_Provided records_.

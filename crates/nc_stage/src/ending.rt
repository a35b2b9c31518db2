//! How a run must end.

use crate::running::{Outcome, Setup};
use crate::value::{bytes_of, piece_bytes};
use nc_cloud::Fleet;
use std::alloc::Global;
use std::test::Fail;
use std::thread::Threads;

/// How a run must end: the exit code and what its fault's line tells, its output, and how many objects there are then, where
/// that is asked.
#[derive(Drop)]
pub struct End<'a> {
    pub answer: &'a str,
    pub output: &'a str,
    pub leaving: &'a str,
}

/// The parts of a text `ANSWER = OUTPUT leaving COUNTS`, of which the last two may be left out.
pub fn end_of(text: &str) -> End<'_> {
    let (text, leaving) = match text.split_once(" leaving ") {
        Some(parts) => parts,
        None => (text, ""),
    };
    let (answer, output) = match text.split_once(" = ") {
        Some(parts) => parts,
        None => (text, ""),
    };
    End {
        answer: written_out(answer),
        output,
        leaving,
    }
}

/// The answer that a scene writes so: words that are no command are told by one line.
fn written_out(answer: &str) -> &str {
    match answer {
        "2 usage" => {
            "2 usage: nccloud CLOUDS [--seed HEX64] [--budget N] [--workers N] COMMAND [ARGUMENT]..."
        }
        other => other,
    }
}

/// A run ended so.
pub fn check_end(alloc: Global, outcome: &Outcome, end: &End<'_>) -> Result<(), Fail> {
    check_answer(outcome.answer.as_str(), end.answer)?;
    let pieces: Vec<&str> = end.output.split_whitespace().collect(alloc)?;
    let wanted = bytes_of(alloc, &pieces)?;
    check_bytes(outcome.output.bytes(), wanted.as_slice())
}

/// A run of these words ends so. The input stands after the words, where there is some.
pub fn check_run<R: Threads + Sync + AllocGlobal, F: Fleet>(
    rt: &R,
    fleet: &mut F,
    run: &str,
    end: &str,
) -> Result<(), Fail>
    requires ready { F.ready }
{
    let alloc = rt.alloc();
    let (words, input) = match run.split_once(" < ") {
        Some(parts) => parts,
        None => (run, "zeros:0"),
    };
    let setup = Setup::new(piece_bytes(alloc, input)?);
    let outcome = setup.run(rt, fleet, words)?;
    check_end(alloc, &outcome, &end_of(end))
}

pub fn check_answer(found: &str, wanted: &str) -> Result<(), Fail> {
    if found == wanted {
        Ok(())
    } else {
        Err(Fail::new(format_args!("it ended with: {found}")))
    }
}

pub fn check_bytes(found: &[u8], wanted: &[u8]) -> Result<(), Fail> {
    if found == wanted {
        Ok(())
    } else {
        Err(Fail::new(format_args!("these bytes are there: {found:?}")))
    }
}
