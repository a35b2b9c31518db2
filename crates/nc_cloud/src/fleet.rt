ghost use Rattle.std.specs.Prelude.{◌≡◌, ◌≢◌, ◌<◌, ◌≤◌, ℕ, All, AllPairs, IfOk, IsErrOf, map};
ghost use Rattle.nc_frame.specs.Frames.{Whole};
ghost use Rattle.nc_cloud.specs.Contents.{Contents, Rose, Leaves, Grows, nothing};
ghost use Rattle.nc_cloud.specs.Cloud.{AreSorted, Lists};
ghost use Rattle.nc_cloud.specs.Fleet.{asked, chunks_got, got_count, writes, touches, erasures, erase_touches, Answers};
ghost use Rattle.nc_cloud.specs.Images.{Image};
ghost use Rattle.nc_cloud.specs.Time.{Elapses, Stays};
ghost use Rattle.nc_cloud.specs.declared.fleet.Answer.TheVariants.{Waiting as Unanswered, Failed as NoAnswer};
ghost use Rattle.nc_cloud.specs.declared.fleet.Done.TheVariants.{Waiting, Failed, Memory as NoMemory};
ghost use Rattle.nc_cloud.specs.declared.cloud.CloudError.TheVariants.{Failed as ListFailed};

use crate::cloud::{CloudError, KeyList};
use nc_name::{Blob, Key};

/// What a cloud answered to an `Ask`.
#[derive(Debug, Drop)]
pub enum Answer {
    /// Not asked yet. No entry stands so after its round.
    Waiting,
    /// The object.
    Bytes(Blob),
    /// There is none.
    Absent,
    /// There is one, longer than was asked for.
    Long,
    /// The cloud failed.
    Failed,
    /// No memory was found.
    Memory,
}

/// A get of one object: at most `most` bytes of it.
#[derive(Debug, Drop)]
pub struct Ask {
    pub cloud: u8,
    pub key: Key,
    pub most: u64,
    pub answer: Answer,
}

/// How a write or a delete ended.
#[derive(Clone, Copy, Debug, PartialEq, Eq)]
pub enum Done {
    /// Not begun yet. No entry stands so after its round.
    Waiting,
    /// The object is written, or gone.
    Ok,
    /// The cloud failed; the object may be old, new, gone or torn.
    Failed,
    /// No memory was found; the object may be old, new, gone or torn.
    Memory,
}

/// A write of one object: a whole frame.
#[derive(Debug, Drop)]
pub struct Job {
    pub cloud: u8,
    pub key: Key,
    pub bytes: Blob,
    pub done: Done,
}

/// A delete of one object, which need not be there.
#[derive(Clone, Copy, Debug)]
pub struct Erase {
    pub cloud: u8,
    pub key: Key,
    pub done: Done,
}

/// All clouds. A round serves at most one entry for each cloud.
pub trait Fleet {
    /// What the caller has to know of the type: where threads serve the rounds, that they may share the runtime.
    ghost ready: { Type 0 } = { Unit {0} };

    /// How many clouds there are.
    ghost clouds: { Self → ℕ };

    /// The fleet says what its clouds hold.
    ghost tells: { Type 0 } = { ⊥ };

    /// What each cloud holds under each key, where the fleet tells.
    ghost held: { Self → Contents };

    /// How many gets and puts of a cloud have failed.
    ghost faults: { Self → ℕ → ℕ };

    /// How many deletes and lists of a cloud have failed.
    ghost slips: { Self → ℕ → ℕ };

    /// These counts rise at entries that failed, and at no others.
    ghost counts_exactly: { Type 0 } = { ⊥ };

    /// How many gets of chunks of a cloud have given bytes.
    ghost chunk_gets: { Self → ℕ → ℕ };

    /// Its rounds of deletes never answer `Memory`.
    ghost sure_deletes: { Type 0 } = { ⊥ };

    /// The fleet says what a stop may leave, and what was held before.
    ghost tells_images: { Type 0 } = { ⊥ };

    /// A moment that never falls.
    ghost now: { Self → ℕ };

    /// What was held at a moment, where the fleet tells images.
    ghost past: { Self → ℕ → Contents } = { λ _ _. nothing };

    /// A stop at that moment or later could have left these contents. Nothing, where the fleet doesn't tell images.
    ghost image: { Self → ℕ → Contents → Type 0 } = { λ _ _ _. ⊥ };

    /// The number of clouds, which never changes.
    fn width(&self) -> usize
        ensures { result ≡ clouds self.now };

    /// Asks for an object of each of some clouds. The answers stand in the entries afterwards.
    fn get_round(&mut self, asks: &mut [Ask])
        requires ready { ready }
        requires below { All (λ a. a.cloud < clouds self.old) asks.old }
        requires once { AllPairs (λ a b. a.cloud ≢ b.cloud) asks.old }
        ensures entries { map asked asks.new ≡ map asked asks.old }
        ensures answered { All (λ a. a.answer ≢ Unanswered) asks.new }
        ensures told { tells → All (λ a. Answers a (held self.old a.cloud a.key)) asks.new }
        ensures failed { All (λ a. a.answer ≡ NoAnswer → Rose (faults self.old a.cloud) (faults self.new a.cloud)) asks.new }
        ensures exact { counts_exactly → (c : ℕ) → All (λ a. a.cloud ≡ c → a.answer ≢ NoAnswer) asks.new → faults self.new c ≡ faults self.old c }
        ensures clouds { clouds self.new ≡ clouds self.old }
        ensures held { held self.new ≡ held self.old }
        ensures grows { Grows (faults self.old) (faults self.new) }
        ensures slips { slips self.new ≡ slips self.old }
        ensures gets { (c : ℕ) → chunk_gets self.new c ≡ got_count (chunk_gets self.old c) (chunks_got c asks.new) }
        ensures time { Elapses (now self.old) (now self.new) (image self.old) (image self.new) (λ G. G ≡ held self.old) }
        ensures past { tells_images → Stays (now self.old) (past self.old) (past self.new) };

    /// Writes an object on each of some clouds. How each ended stands in the entries afterwards.
    fn put_round(&mut self, jobs: &mut [Job])
        requires ready { ready }
        requires below { All (λ j. j.cloud < clouds self.old) jobs.old }
        requires once { AllPairs (λ a b. a.cloud ≢ b.cloud) jobs.old }
        requires whole { All (λ j. Whole j.bytes) jobs.old }
        ensures entries { writes jobs.new ≡ writes jobs.old }
        ensures answered { All (λ j. j.done ≢ Waiting) jobs.new }
        ensures told { tells → Leaves (touches jobs.new) (held self.old) (held self.new) }
        ensures failed { All (λ j. j.done ≡ Failed → Rose (faults self.old j.cloud) (faults self.new j.cloud)) jobs.new }
        ensures exact { counts_exactly → (c : ℕ) → All (λ j. j.cloud ≡ c → j.done ≢ Failed) jobs.new → faults self.new c ≡ faults self.old c }
        ensures clouds { clouds self.new ≡ clouds self.old }
        ensures grows { Grows (faults self.old) (faults self.new) }
        ensures slips { slips self.new ≡ slips self.old }
        ensures gets { chunk_gets self.new ≡ chunk_gets self.old }
        ensures time { Elapses (now self.old) (now self.new) (image self.old) (image self.new) (Image (writes jobs.old) (held self.old)) }
        ensures past { tells_images → Stays (now self.old) (past self.old) (past self.new) };

    /// Deletes an object of each of some clouds. How each ended stands in the entries afterwards.
    fn delete_round(&mut self, erases: &mut [Erase])
        requires ready { ready }
        requires below { All (λ e. e.cloud < clouds self.old) erases.old }
        requires once { AllPairs (λ a b. a.cloud ≢ b.cloud) erases.old }
        ensures entries { erasures erases.new ≡ erasures erases.old }
        ensures answered { All (λ e. e.done ≢ Waiting) erases.new }
        ensures told { tells → Leaves (erase_touches erases.new) (held self.old) (held self.new) }
        ensures failed { All (λ e. e.done ≡ Failed → Rose (slips self.old e.cloud) (slips self.new e.cloud)) erases.new }
        ensures exact { counts_exactly → (c : ℕ) → All (λ e. e.cloud ≡ c → e.done ≢ Failed) erases.new → slips self.new c ≡ slips self.old c }
        ensures sure { sure_deletes → All (λ e. e.done ≢ NoMemory) erases.new }
        ensures clouds { clouds self.new ≡ clouds self.old }
        ensures grows { Grows (slips self.old) (slips self.new) }
        ensures faults { faults self.new ≡ faults self.old }
        ensures gets { chunk_gets self.new ≡ chunk_gets self.old }
        ensures time { Elapses (now self.old) (now self.new) (image self.old) (image self.new) (Image (erasures erases.old) (held self.old)) }
        ensures past { tells_images → Stays (now self.old) (past self.old) (past self.new) };

    /// The keys of all objects of a cloud, sorted by their texts.
    fn list(&mut self, cloud: u8) -> Result<KeyList, CloudError>
        requires ready { ready }
        requires below { cloud < clouds self.old }
        ensures told { tells → IfOk result (Lists (held self.old cloud)) }
        ensures sorted { IfOk result AreSorted }
        ensures failed { IsErrOf result ListFailed → Rose (slips self.old cloud) (slips self.new cloud) }
        ensures exact { counts_exactly → (c : ℕ) → (c ≡ cloud → IsErrOf result ListFailed → ⊥) → slips self.new c ≡ slips self.old c }
        ensures clouds { clouds self.new ≡ clouds self.old }
        ensures held { held self.new ≡ held self.old }
        ensures grows { Grows (slips self.old) (slips self.new) }
        ensures faults { faults self.new ≡ faults self.old }
        ensures gets { chunk_gets self.new ≡ chunk_gets self.old }
        ensures time { Elapses (now self.old) (now self.new) (image self.old) (image self.new) (λ G. G ≡ held self.old) }
        ensures past { tells_images → Stays (now self.old) (past self.old) (past self.new) };

    /// What is held now is an image since each moment up to now.
    ghost counts_now: { (fleet : Self) (t : ℕ) → tells_images → t ≤ now fleet → image fleet t (held fleet) };

    /// What is held now is what is held at this moment.
    ghost past_now: { (fleet : Self) → tells_images → past fleet (now fleet) ≡ held fleet };

    /// Since now itself no other contents are one.
    ghost only_now: { (fleet : Self) (G : Contents) → image fleet (now fleet) G → G ≡ held fleet };

    /// An image since a moment is one since every earlier moment.
    ghost earlier: { (fleet : Self) (s t : ℕ) (G : Contents) → s ≤ t → image fleet t G → image fleet s G };
}
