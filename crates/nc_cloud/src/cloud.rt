ghost use Rattle.std.specs.Prelude.{◌≡◌, ◌≤◌, ℕ, Some, None, IfOk, IsErrOf, is_ok};
ghost use Rattle.nc_frame.specs.Frames.{Whole};
ghost use Rattle.nc_cloud.specs.Contents.{Store, Rose, Settles, ChangesAt};
ghost use Rattle.nc_cloud.specs.Cloud.{AreSorted, GetShows, got_after, Lists};
ghost use Rattle.nc_cloud.specs.declared.cloud.CloudError.TheVariants.{Failed, Memory as NoMemory};

use nc_name::{Blob, Key, Memory, Sequence};
use thiserror::Error;

/// Why a call on a cloud wasn't done.
#[derive(Clone, Copy, Debug, PartialEq, Eq, Error)]
pub enum CloudError {
    /// The cloud failed. Its count rose.
    #[error("the cloud failed")]
    Failed,
    /// No memory was found.
    #[error("no memory")]
    Memory,
}

impl From<Memory> for CloudError {
    ghost from_gives = { λ _ e. e ≡ NoMemory };

    fn from(_: Memory) -> Self {
        CloudError::Memory
    }
}

/// What a cloud has of an object.
#[derive(Debug, Drop)]
pub enum Got {
    /// The object.
    Bytes(Blob),
    /// There is none.
    Absent,
    /// There is one, longer than was asked for.
    Long,
}

/// Keys in order.
pub type KeyList = Sequence<Key>;

/// One cloud. A call that fails raises one of its two counts.
pub trait Cloud {
    /// The cloud says what it holds.
    ghost tells: { Type 0 } = { ⊥ };

    /// What it holds under each key, where it tells.
    ghost held: { Self → Store };

    /// How many gets and puts have failed.
    ghost faults: { Self → ℕ };

    /// How many deletes and lists have failed.
    ghost slips: { Self → ℕ };

    /// These two counts rise at calls that failed, and at no others.
    ghost counts_exactly: { Type 0 } = { ⊥ };

    /// How many gets of chunks have given bytes.
    ghost chunk_gets: { Self → ℕ };

    /// Its deletes never answer `Memory`.
    ghost sure_deletes: { Type 0 } = { ⊥ };

    /// Asks for at most `most` bytes of an object.
    fn get(&mut self, key: &Key, most: u64) -> Result<Got, CloudError>
        ensures told { tells → GetShows result most (held self.old key.now) }
        ensures held { held self.new ≡ held self.old }
        ensures failed { IsErrOf result Failed → Rose (faults self.old) (faults self.new) }
        ensures exact { counts_exactly → (IsErrOf result Failed → ⊥) → faults self.new ≡ faults self.old }
        ensures later { faults self.old ≤ faults self.new }
        ensures slips { slips self.new ≡ slips self.old }
        ensures gets { chunk_gets self.new ≡ got_after key.now result (chunk_gets self.old) };

    /// Writes an object: a whole frame. Where it isn't Ok, the object may be old, new, gone or torn.
    fn put(&mut self, key: &Key, bytes: &[u8]) -> Result<(), CloudError>
        requires { Whole bytes.now }
        ensures told { tells → ChangesAt key.now (Settles (is_ok result) (Some bytes.now)) (held self.old) (held self.new) }
        ensures failed { IsErrOf result Failed → Rose (faults self.old) (faults self.new) }
        ensures exact { counts_exactly → (IsErrOf result Failed → ⊥) → faults self.new ≡ faults self.old }
        ensures later { faults self.old ≤ faults self.new }
        ensures slips { slips self.new ≡ slips self.old }
        ensures gets { chunk_gets self.new ≡ chunk_gets self.old };

    /// Deletes an object, which need not be there. Where it isn't Ok, the object may be old, gone or torn.
    fn delete(&mut self, key: &Key) -> Result<(), CloudError>
        ensures told { tells → ChangesAt key.now (Settles (is_ok result) None) (held self.old) (held self.new) }
        ensures failed { IsErrOf result Failed → Rose (slips self.old) (slips self.new) }
        ensures exact { counts_exactly → (IsErrOf result Failed → ⊥) → slips self.new ≡ slips self.old }
        ensures later { slips self.old ≤ slips self.new }
        ensures faults { faults self.new ≡ faults self.old }
        ensures gets { chunk_gets self.new ≡ chunk_gets self.old }
        ensures sure { sure_deletes → IsErrOf result NoMemory → ⊥ };

    /// The keys of all objects, sorted by their texts.
    fn list(&mut self) -> Result<KeyList, CloudError>
        ensures told { tells → IfOk result (Lists (held self.old)) }
        ensures sorted { IfOk result AreSorted }
        ensures held { held self.new ≡ held self.old }
        ensures failed { IsErrOf result Failed → Rose (slips self.old) (slips self.new) }
        ensures exact { counts_exactly → (IsErrOf result Failed → ⊥) → slips self.new ≡ slips self.old }
        ensures later { slips self.old ≤ slips self.new }
        ensures faults { faults self.new ≡ faults self.old }
        ensures gets { chunk_gets self.new ≡ chunk_gets self.old };
}
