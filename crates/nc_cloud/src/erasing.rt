ghost use Rattle.nc_cloud.specs.Fleet.{erasures};
ghost use Rattle.nc_cloud.specs.Deciding.{AreAscending, Erased};

use crate::fleet::{Erase, Fleet};

/// A round of deletes, on some clouds in ascending order.
fn erase_round<F: Fleet>(fleet: &mut F, erases: &mut [Erase])
    requires ready { F.ready }
    requires clouds { AreAscending (λ e. e.cloud) (F.clouds fleet.old) erases.old }
    ensures erased { Erased F.Fleet (erasures erases.old) fleet.old fleet.new }
{
    fleet.delete_round(erases);
}

/// A round of deletes, on some clouds in ascending order. Where there are none, no round is made. What the deletes answer is not told.
pub fn erase_row<F: Fleet>(fleet: &mut F, mut erases: Vec<Erase>)
    requires ready { F.ready }
    requires clouds { AreAscending (λ e. e.cloud) (F.clouds fleet.old) erases.items }
    ensures erased { Erased F.Fleet (erasures erases.items) fleet.old fleet.new }
{
    if erases.is_empty() {
        return;
    }
    erase_round(fleet, &mut erases);
}
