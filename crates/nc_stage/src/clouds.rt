//! The clouds of a scene: what they hold, and how they change by themselves.

use nc_cloud::Fleet;
use nc_frame::seal;
use nc_memory::{MemFleet, Torn};
use nc_name::{Key, Name, read_key};
use std::alloc::Global;
use std::test::Fail;

/// No cloud.
pub const NONE: u8 = 255;

/// A name with spaces.
const SPACED: &str = "n of two";

/// A name of 100 bytes.
const LONG: &str =
    "llllllllllllllllllllllllllllllllllllllllllllllllllllllllllllllllllllllllllllllllllllllllllllllllllll";

/// Each key of the names of all files in scenes.
pub fn keys(alloc: Global) -> Result<Vec<Key>, Fail> {
    let mut keys = Vec::new(alloc);
    for text in ["a", "b", "p", "Z", "-x", SPACED, LONG] {
        let name = Name::read(text)?;
        for slot in 0..2u8 {
            keys.push(Key::Meta { name, slot })?;
            for row in 0..2u8 {
                keys.push(Key::Chunk { name, slot, row })?;
            }
        }
    }
    Ok(keys)
}

/// The number of clouds, as a number of a frame.
pub fn width_of(fleet: &MemFleet) -> u8 {
    fleet.width().min(255) as u8
}

/// The object of a cloud under the key of this text.
pub fn object<'a>(fleet: &'a MemFleet, cloud: u8, text: &str) -> Result<&'a [u8], Fail> {
    let key = read_key(text).ok_or("no key")?;
    Ok(fleet.object(cloud, &key).ok_or("no object")?)
}

/// How many objects there are.
pub fn count(fleet: &MemFleet, keys: &[Key]) -> usize {
    let mut count = 0_usize;
    for cloud in 0..width_of(fleet) {
        for key in keys {
            if fleet.object(cloud, key).is_some() {
                count = count.saturating_add(1);
            }
        }
    }
    count
}

/// Whether these clouds hold the same.
pub fn are_same(a: &MemFleet, b: &MemFleet, keys: &[Key]) -> bool {
    for cloud in 0..width_of(a) {
        for key in keys {
            if a.object(cloud, key) != b.object(cloud, key) {
                return false;
            }
        }
    }
    true
}

/// What a stop in this round of their last run leaves, each entry in its fate.
pub fn image_of(fleet: &MemFleet, round: u64, fates: &[Torn]) -> Result<MemFleet, Fail> {
    if fleet.rounds() <= round {
        return Err(Fail::new("no such round"));
    }
    Ok(fleet.stopped(round, fates)?)
}

/// Places an object.
pub fn place(fleet: &mut MemFleet, cloud: u8, key: &Key, bytes: &[u8]) -> Result<(), Fail> {
    if usize::from(cloud) < fleet.width() {
        Ok(fleet.plant(cloud, key, bytes)?)
    } else {
        Err(Fail::new("no such cloud"))
    }
}

/// Places the frame of a payload on a cloud, made for a cloud of so many.
pub fn place_frame(
    alloc: Global,
    fleet: &mut MemFleet,
    cloud: u8,
    said: (u8, u8),
    text: &str,
    payload: &[u8],
) -> Result<(), Fail> {
    let key = read_key(text).ok_or("no key")?;
    let frame = seal(alloc, said.0, said.1, &key, payload)?;
    place(fleet, cloud, &key, frame.bytes())
}

/// The numbers of all clouds.
pub fn all_clouds(alloc: Global, fleet: &MemFleet) -> Result<Vec<u8>, Fail> {
    let mut clouds = Vec::new(alloc);
    for cloud in 0..width_of(fleet) {
        clouds.push(cloud)?;
    }
    Ok(clouds)
}

/// Clouds of which each holds what the cloud of its number here holds, and nothing for NONE. None of them has been asked yet.
pub fn arranged(
    alloc: Global,
    fleet: &MemFleet,
    keys: &[Key],
    order: &[u8],
) -> Result<MemFleet, Fail> {
    let mut new = MemFleet::new(alloc, fleet.width())?;
    for (cloud, from) in (0_u8..255).zip(order) {
        fill(&mut new, cloud, fleet, *from, keys, None)?;
    }
    Ok(new)
}

/// Places all objects of a cloud of another fleet on a cloud, but for that under this key.
pub fn fill(
    new: &mut MemFleet,
    cloud: u8,
    fleet: &MemFleet,
    from: u8,
    keys: &[Key],
    but: Option<&Key>,
) -> Result<(), Fail> {
    for key in keys {
        if let Some(bytes) = fleet.object(from, key) {
            if !is_that(but, key) {
                place(new, cloud, key, bytes)?;
            }
        }
    }
    Ok(())
}

fn is_that(one: Option<&Key>, key: &Key) -> bool {
    match one {
        Some(one) => one.is_same(key),
        None => false,
    }
}
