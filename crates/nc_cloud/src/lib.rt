//! All clouds of a vault, which serve rounds.
#![tactic(auto)]

mod at_once;
mod cloud;
mod deciding;
mod erasing;
mod fan;
mod fleet;
mod seats;
mod sorting;

pub use at_once::AtOnce;
pub use cloud::{Cloud, CloudError, Got, KeyList};
pub use deciding::{RoundFault, ask_round, write_round, write_row};
pub use erasing::erase_row;
pub use fan::Fanned;
pub use fleet::{Answer, Ask, Done, Erase, Fleet, Job};
pub use seats::{Seat, delete_at_once, get_at_once, put_at_once};
pub use sorting::sorted_keys;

_Task goal_. Which lines above contain the word "AreAscending"? List them.

_Answer box_.
ghost use Rattle.nc_cloud.specs.Deciding.{AreAscending, Erased};
    requires clouds { AreAscending (λ e. e.cloud) (F.clouds fleet.old) erases.old }
    requires clouds { AreAscending (λ e. e.cloud) (F.clouds fleet.old) erases.items }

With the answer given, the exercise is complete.